A entrevista é de Esther Peñas, publicada por Ethic, 05-11-2024. A tradução é do Cepat.
Começa o ensaio falando sobre o desastre ambiental que a possibilidade da existência de petróleo em Épiro provocará. O que aconteceu para os humanos antepor a riqueza a seu futuro?
Essa é uma questão bastante importante, mas seria necessário primeiro perguntar de quais humanos estamos falando e sobre o futuro de quem. A maioria das pessoas está consciente de que estamos nas primeiras etapas de uma catástrofe massivamente imparável, mas algumas pessoas apostam em superá-la, acumulando agora uma riqueza enorme. Essa decisão, facilitada pelo sistema político global dominante e pelos mercados financeiros, condena todos nós a um futuro aterrador, que na trajetória atual inclui o fim da civilização tal como a conhecemos dentro de gerações vivas.
Estamos ultrapassando os limites planetários e é importante ter muita clareza sobre o que está acontecendo, para onde vamos e quem, no momento presente, está impulsionando e se beneficiando disso.
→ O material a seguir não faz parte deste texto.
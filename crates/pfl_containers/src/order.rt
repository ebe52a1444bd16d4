//! A map in the order of its keys, in room that is made at once.

mod arena;
mod changes;
pub(crate) mod iter;
mod joins;
mod node;
pub(crate) mod ordered;
mod search;

ghost use Rattle.std.specs.Prelude.{◌≡◌, ◌==◌, ◌<◌, ◌≤◌, ◌-◌, [], IfOk, find, length, slice_get};
ghost use Rattle.std.specs.Ordering.{is_lt};
ghost use Rattle.pfl_edits.specs.Maps as maps;
ghost use Rattle.pfl_edits.specs.Maps.{set_at};
ghost use Rattle.pfl_containers.specs.OrderEntries.{map_of, AreEntries};

use crate::order::arena::Arena;
use crate::order::ordered::Ordered;
use crate::order::search::{first, last, next};
use pfl_edits::NoMemory;
use std::alloc::Allocator;
use std::marker::Model;

/// A map in the order of its keys, whose calls take time in the logarithm of its length. All room is made by `new`.
#[derive(Drop)]
pub struct OrderedMap<K: Ordered, V: Copy, A: Allocator> {
    limit: usize,
    arena: Arena<K, V, A>,
}

impl<K: Ordered, V: Copy, A: Allocator> Model for OrderedMap<K, V, A> {
    ghost use Rattle.pfl_containers.specs.inner.Arenas.{Stores};
    ghost use Rattle.pfl_containers.specs.OrderEntries.{EntryList};
    ghost use Rattle.pfl_containers.specs.inner.Views.{listed};

    ghost Value = { EntryList K V };

    ghost view = { λ m. record { list = listed m.arena; limit = m.limit } };

    ghost invariant = { λ m. Stores K.order m.limit m.arena (listed m.arena) };
}

impl<K: Ordered, V: Copy, A: Allocator> OrderedMap<K, V, A> {
    /// No entries, and room for `limit` of them.
    pub fn new(alloc: A, limit: usize) -> Result<Self, NoMemory>
        ensures limit { IfOk result (λ m. m.limit ≡ limit) }
        ensures empty { IfOk result (λ m. m.list ≡ []) }
    {
        if limit > u32::MAX as usize {
            return Err(NoMemory);
        }
        let arena = Arena::new(alloc, limit)?;
        Ok(OrderedMap { limit, arena })
    }

    /// How many entries there are.
    pub fn len(&self) -> usize
        ensures entries { result ≡ length self.now.list }
        ensures map { result ≡ maps.len (map_of K.order self.now.list) }
    {
        self.arena.len
    }

    /// For how many entries there is room.
    pub fn limit(&self) -> usize
        ensures limit { result ≡ self.now.limit }
    {
        self.limit
    }

    /// There is no room for another entry.
    pub fn is_full(&self) -> bool
        ensures full { result ≡ (length self.now.list == self.now.limit) }
    {
        self.len() == self.limit
    }

    /// The value under a key.
    pub fn get(&self, key: K) -> Option<V>
        ensures found { result ≡ maps.get (map_of K.order self.now.list) key }
    {
        match self.arena.find(key) {
            Some((_place, node)) => Some(node.value),
            None => None,
        }
    }

    /// Sets what stands under a key, in room that was made, and returns what stood there.
    pub fn set(&mut self, key: K, at: Option<V>) -> Option<V>
        requires room { maps.len (set_at (map_of K.order self.old.list) key at) ≤ self.old.limit }
        ensures former { result ≡ maps.get (map_of K.order self.old.list) key }
        ensures map { map_of K.order self.new.list ≡ set_at (map_of K.order self.old.list) key at }
        ensures limit { self.new.limit ≡ self.old.limit }
    {
        let Some(value) = at else {
            return self.arena.remove(key);
        };
        if self.arena.len < self.limit {
            return self.arena.insert(key, value);
        }
        // A full map has the key, since there is room for what stands there afterwards.
        let Some((place, node)) = self.arena.find(key) else {
            return None;
        };
        self.arena.change(place, node, value);
        Some(node.value)
    }

    /// Puts an entry into a map that is not full, and returns what stood under its key.
    pub fn insert(&mut self, key: K, value: V) -> Option<V>
        requires room { maps.len (map_of K.order self.old.list) < self.old.limit }
        ensures former { result ≡ maps.get (map_of K.order self.old.list) key }
        ensures map { map_of K.order self.new.list ≡ maps.insert (map_of K.order self.old.list) key value }
        ensures limit { self.new.limit ≡ self.old.limit }
    {
        self.known();
        self.set(key, Some(value))
    }

    /// Takes what stands under a key out, and returns it.
    pub fn remove(&mut self, key: K) -> Option<V>
        ensures former { result ≡ maps.get (map_of K.order self.old.list) key }
        ensures map { map_of K.order self.new.list ≡ maps.remove (map_of K.order self.old.list) key }
        ensures limit { self.new.limit ≡ self.old.limit }
    {
        self.known();
        self.set(key, None)
    }

    /// The entry with the least key.
    pub fn first(&self) -> Option<(K, V)>
        ensures first { result ≡ slice_get self.now.list 0 }
    {
        first(&self.arena.nodes, self.arena.root, self.arena.len)
    }

    /// The entry with the greatest key.
    pub fn last(&self) -> Option<(K, V)>
        ensures last { result ≡ slice_get self.now.list (length self.now.list - 1) }
    {
        last(&self.arena.nodes, self.arena.root, self.arena.len)
    }

    /// The entry with the least key above this one.
    pub fn after(&self, key: K) -> Option<(K, V)>
        ensures next { result ≡ find (λ e. is_lt (K.order key e.0)) self.now.list }
    {
        next(&self.arena.nodes, self.arena.root, key, self.arena.len)
    }

    /// What is true of each map.
    pub fn known(&self)
        ensures entries { AreEntries K.order self.now }
    {
        let _ = &self.limit;
    }
}

impl<K: Ordered, V: Copy, A: Allocator + Copy> OrderedMap<K, V, A> {
    /// The same map, with room of its own.
    pub fn copy(&self) -> Result<Self, NoMemory>
        ensures same { IfOk result (λ copied. copied ≡ self.now) }
    {
        let arena = self.arena.copy(self.limit)?;
        Ok(OrderedMap {
            limit: self.limit,
            arena,
        })
    }
}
Nos últimos séculos, a maioria que vive no Ocidente se separou do solo sobre o qual nos encontramos. Não estamos mais intimamente ligados à biosfera que nos sustenta, nem às cosmologias que tornaram essa ligação significativa. O resultado é a extração em massa de combustíveis fósseis e outros materiais, a destruição de florestas e terras silvestres, a poluição da terra, dos oceanos e da atmosfera…
O legado atual do imperialismo, do colonialismo e das violentas guerras por recursos também são a causa e o efeito dessa separação. Isto, unido a algumas outras questões, deixou-nos em grande parte incapazes de imaginar um mundo em que todos sobrevivamos e floresçamos juntos.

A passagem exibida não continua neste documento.